[TASK DATA — start]

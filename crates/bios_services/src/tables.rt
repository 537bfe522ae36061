//! Tables that function 10 answers in the caller's memory: subfunctions 09 and 17.
ghost use Rattle.std.specs.Prelude.{◌≡◌, ◌<◌, IfOk, IfErr, OnErr, None, length, true};
ghost use Rattle.bios_services.specs.Bounds.{ports_bound};
ghost use Rattle.bios_services.specs.Plan.{run};
ghost use Rattle.bios_services.specs.CallReasons.{refusal_of_outcome, ExplainsTable};
ghost use Rattle.bios_services.specs.Tables.{table_refusal as table_refusal_of};
ghost use Rattle.bios_services.specs.Tables.{attribute_register_of_palette_byte as palette_register_of};
ghost use Rattle.bios_services.specs.Tables.{read_palette_registers_in_index_state_plan};
ghost use Rattle.bios_services.specs.Tables.{read_palette_and_overscan_plan};
ghost use Rattle.bios_services.specs.Tables.{read_components_plan, read_entries_plan, table_plan};
ghost use Rattle.bios_services.specs.Tables.{table_allocates_memory};

use crate::call_reason::CallReason;
use crate::colours::refuse_unless_dac_entries;
use crate::cycles::{inp, out, reset_attribute_flip_flop};
use crate::palette::read_attribute_register_in_index_state;
use crate::reply::Table;
use crate::video_registers::{DAC_DATA, DAC_READ_INDEX, OVERSCAN};
use std::alloc::{AllocError, Global};
use vga_bits::Bytes;
use vga_card::Bus;

/// How many bytes the table of palette registers and overscan colour has.
const PALETTE_BYTES: usize = 17;

/// What function 10 answers as a table.
#[derive(Clone, Copy)]
pub enum TableService {
    /// 09: answers the palette registers and the overscan colour.
    ReadPalette,
    /// 17: answers entries of the DAC.
    ReadEntries { first: u16, count: u16 },
}

/// Refuses a subfunction that answers a table, if there is a reason.
pub(crate) fn table_refusal(service: TableService) -> Result<(), CallReason>
    ensures refusal { refusal_of_outcome result ≡ table_refusal_of service }
    ensures reason { IfErr result (ExplainsTable service) }
{
    match service {
        TableService::ReadPalette => Ok(()),
        TableService::ReadEntries { first, count } => refuse_unless_dac_entries(first, count),
    }
}

/// The register whose value is byte i of the palette.
fn attribute_register_of_palette_byte(i: usize) -> u8
    requires { i < 17 }
    ensures value { result ≡ palette_register_of i }
    ensures small { result < 32 }
{
    if i == 16 { OVERSCAN } else { i as u8 }
}

/// Reads the palette registers and the overscan colour; the attribute controller expects an index.
#[tactic(auto, using(crate::proofs::PlanRuns::run_bind), unfolding(crate::specs::Tables::read_palette_registers_in_index_state_plan))]
fn read_palette_registers_in_index_state<B: Bus>(bus: &mut B, port: u16, values: &mut [u8])
    requires port { port < ports_bound }
    requires whole { length values.old ≡ 17 }
    ensures { (bus.new, values.new) ≡ run B.meaning (read_palette_registers_in_index_state_plan port) bus.old }
{
    for i in 0..values.len() {
        values[i] = read_attribute_register_in_index_state(
            bus,
            port,
            attribute_register_of_palette_byte(i),
        );
    }
}

/// 09: reads the palette registers and the overscan colour.
#[tactic(auto, using(crate::proofs::PlanRuns::run_bind), unfolding(crate::specs::Tables::read_palette_and_overscan_plan))]
fn read_palette_and_overscan<B: Bus>(bus: &mut B, port: u16) -> [u8; PALETTE_BYTES]
    requires { port < ports_bound }
    ensures { (bus.new, result) ≡ run B.meaning (read_palette_and_overscan_plan port) bus.old }
{
    let mut values = [0u8; PALETTE_BYTES];
    reset_attribute_flip_flop(bus, port);
    read_palette_registers_in_index_state(bus, port, &mut values);
    values
}

/// Reads bytes from the DAC's data.
#[tactic(auto, using(crate::proofs::PlanRuns::run_bind), unfolding(crate::specs::Tables::read_components_plan))]
fn read_components<B: Bus>(bus: &mut B, values: &mut Bytes)
    ensures { (bus.new, values.new) ≡ run B.meaning (read_components_plan (length values.old))
        bus.old }
{
    for i in 0..values.as_slice().len() {
        let value = inp(bus, DAC_DATA);
        values.set(i, value);
    }
}

/// 17: reads red, green and blue of `count` entries from entry `first` on. It allocates memory for
/// them before the first cycle, and none for no entries.
#[tactic(auto, using(crate::proofs::PlanRuns::run_bind), unfolding(crate::specs::Tables::read_entries_plan, vga_bits::specs::Bytes::zeros))]
fn read_entries<B: Bus>(
    alloc: Global,
    bus: &mut B,
    first: u8,
    count: u16,
) -> Result<Bytes, AllocError>
    ensures ok { IfOk result (λ values. (bus.new, values)
        ≡ run B.meaning (read_entries_plan first count) bus.old) }
    ensures err { OnErr result ((bus.new ≡ bus.old) × (0 < count)) }
{
    let Ok(mut values) = Bytes::zeros(alloc, 3 * count as usize) else {
        return Err(AllocError);
    };
    out(bus, DAC_READ_INDEX, first);
    read_components(bus, &mut values);
    Ok(values)
}

/// Reads the table that a subfunction of function 10 answers: the palette registers with the
/// overscan colour, or entries of the DAC. The subfunction is not refused. Only 17 allocates
/// memory, if there is an entry to read.
#[tactic(auto, using(crate::proofs::PlanRuns::run_bind), unfolding(crate::specs::Tables::table_plan))]
pub(crate) fn read_table<B: Bus>(
    alloc: Global,
    bus: &mut B,
    port: u16,
    service: TableService,
) -> Result<Table, AllocError>
    requires port { port < ports_bound }
    requires allowed { table_refusal_of service ≡ None }
    ensures ok { IfOk result (λ table. (bus.new, table)
        ≡ run B.meaning (table_plan service port) bus.old) }
    ensures err { OnErr result ((bus.new ≡ bus.old) × (table_allocates_memory service ≡ true)) }
{
    match service {
        TableService::ReadPalette => Ok(Table::Palette(read_palette_and_overscan(bus, port))),
        TableService::ReadEntries { first, count } => {
            Ok(Table::Dac(read_entries(alloc, bus, first as u8, count)?))
        }
    }
}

[TASK DATA — finish]

TASK TO COMPLETE: Reproduce each entry above without a single difference.

WORKED SOLUTION:
filename crates/bios_services/src/tables.rt
repository 537bfe522ae36061
//! Tables that function 10 answers in the caller's memory: subfunctions 09 and 17.
ghost use Rattle.std.specs.Prelude.{◌≡◌, ◌<◌, IfOk, IfErr, OnErr, None, length, true};
ghost use Rattle.bios_services.specs.Bounds.{ports_bound};
ghost use Rattle.bios_services.specs.Plan.{run};
ghost use Rattle.bios_services.specs.CallReasons.{refusal_of_outcome, ExplainsTable};
ghost use Rattle.bios_services.specs.Tables.{table_refusal as table_refusal_of};
ghost use Rattle.bios_services.specs.Tables.{attribute_register_of_palette_byte as palette_register_of};
ghost use Rattle.bios_services.specs.Tables.{read_palette_registers_in_index_state_plan};
ghost use Rattle.bios_services.specs.Tables.{read_palette_and_overscan_plan};
ghost use Rattle.bios_services.specs.Tables.{read_components_plan, read_entries_plan, table_plan};
ghost use Rattle.bios_services.specs.Tables.{table_allocates_memory};

use crate::call_reason::CallReason;
use crate::colours::refuse_unless_dac_entries;
use crate::cycles::{inp, out, reset_attribute_flip_flop};
use crate::palette::read_attribute_register_in_index_state;
use crate::reply::Table;
use crate::video_registers::{DAC_DATA, DAC_READ_INDEX, OVERSCAN};
use std::alloc::{AllocError, Global};
use vga_bits::Bytes;
use vga_card::Bus;

/// How many bytes the table of palette registers and overscan colour has.
const PALETTE_BYTES: usize = 17;

/// What function 10 answers as a table.
#[derive(Clone, Copy)]
pub enum TableService {
    /// 09: answers the palette registers and the overscan colour.
    ReadPalette,
    /// 17: answers entries of the DAC.
    ReadEntries { first: u16, count: u16 },
}

/// Refuses a subfunction that answers a table, if there is a reason.
pub(crate) fn table_refusal(service: TableService) -> Result<(), CallReason>
    ensures refusal { refusal_of_outcome result ≡ table_refusal_of service }
    ensures reason { IfErr result (ExplainsTable service) }
{
    match service {
        TableService::ReadPalette => Ok(()),
        TableService::ReadEntries { first, count } => refuse_unless_dac_entries(first, count),
    }
}

/// The register whose value is byte i of the palette.
fn attribute_register_of_palette_byte(i: usize) -> u8
    requires { i < 17 }
    ensures value { result ≡ palette_register_of i }
    ensures small { result < 32 }
{
    if i == 16 { OVERSCAN } else { i as u8 }
}

/// Reads the palette registers and the overscan colour; the attribute controller expects an index.
#[tactic(auto, using(crate::proofs::PlanRuns::run_bind), unfolding(crate::specs::Tables::read_palette_registers_in_index_state_plan))]
fn read_palette_registers_in_index_state<B: Bus>(bus: &mut B, port: u16, values: &mut [u8])
    requires port { port < ports_bound }
    requires whole { length values.old ≡ 17 }
    ensures { (bus.new, values.new) ≡ run B.meaning (read_palette_registers_in_index_state_plan port) bus.old }
{
    for i in 0..values.len() {
        values[i] = read_attribute_register_in_index_state(
            bus,
            port,
            attribute_register_of_palette_byte(i),
        );
    }
}

/// 09: reads the palette registers and the overscan colour.
#[tactic(auto, using(crate::proofs::PlanRuns::run_bind), unfolding(crate::specs::Tables::read_palette_and_overscan_plan))]
fn read_palette_and_overscan<B: Bus>(bus: &mut B, port: u16) -> [u8; PALETTE_BYTES]
    requires { port < ports_bound }
    ensures { (bus.new, result) ≡ run B.meaning (read_palette_and_overscan_plan port) bus.old }
{
    let mut values = [0u8; PALETTE_BYTES];
    reset_attribute_flip_flop(bus, port);
    read_palette_registers_in_index_state(bus, port, &mut values);
    values
}

/// Reads bytes from the DAC's data.
#[tactic(auto, using(crate::proofs::PlanRuns::run_bind), unfolding(crate::specs::Tables::read_components_plan))]
fn read_components<B: Bus>(bus: &mut B, values: &mut Bytes)
    ensures { (bus.new, values.new) ≡ run B.meaning (read_components_plan (length values.old))
        bus.old }
{
    for i in 0..values.as_slice().len() {
        let value = inp(bus, DAC_DATA);
        values.set(i, value);
    }
}

/// 17: reads red, green and blue of `count` entries from entry `first` on. It allocates memory for
/// them before the first cycle, and none for no entries.
#[tactic(auto, using(crate::proofs::PlanRuns::run_bind), unfolding(crate::specs::Tables::read_entries_plan, vga_bits::specs::Bytes::zeros))]
fn read_entries<B: Bus>(
    alloc: Global,
    bus: &mut B,
    first: u8,
    count: u16,
) -> Result<Bytes, AllocError>
    ensures ok { IfOk result (λ values. (bus.new, values)
        ≡ run B.meaning (read_entries_plan first count) bus.old) }
    ensures err { OnErr result ((bus.new ≡ bus.old) × (0 < count)) }
{
    let Ok(mut values) = Bytes::zeros(alloc, 3 * count as usize) else {
        return Err(AllocError);
    };
    out(bus, DAC_READ_INDEX, first);
    read_components(bus, &mut values);
    Ok(values)
}

/// Reads the table that a subfunction of function 10 answers: the palette registers with the
/// overscan colour, or entries of the DAC. The subfunction is not refused. Only 17 allocates
/// memory, if there is an entry to read.
#[tactic(auto, using(crate::proofs::PlanRuns::run_bind), unfolding(crate::specs::Tables::table_plan))]
pub(crate) fn read_table<B: Bus>(
    alloc: Global,
    bus: &mut B,
    port: u16,
    service: TableService,
) -> Result<Table, AllocError>
    requires port { port < ports_bound }
    requires allowed { table_refusal_of service ≡ None }
    ensures ok { IfOk result (λ table. (bus.new, table)
        ≡ run B.meaning (table_plan service port) bus.old) }
    ensures err { OnErr result ((bus.new ≡ bus.old) × (table_allocates_memory service ≡ true)) }
{
    match service {
        TableService::ReadPalette => Ok(Table::Palette(read_palette_and_overscan(bus, port))),
        TableService::ReadEntries { first, count } => {
            Ok(Table::Dac(read_entries(alloc, bus, first as u8, count)?))
        }
    }
}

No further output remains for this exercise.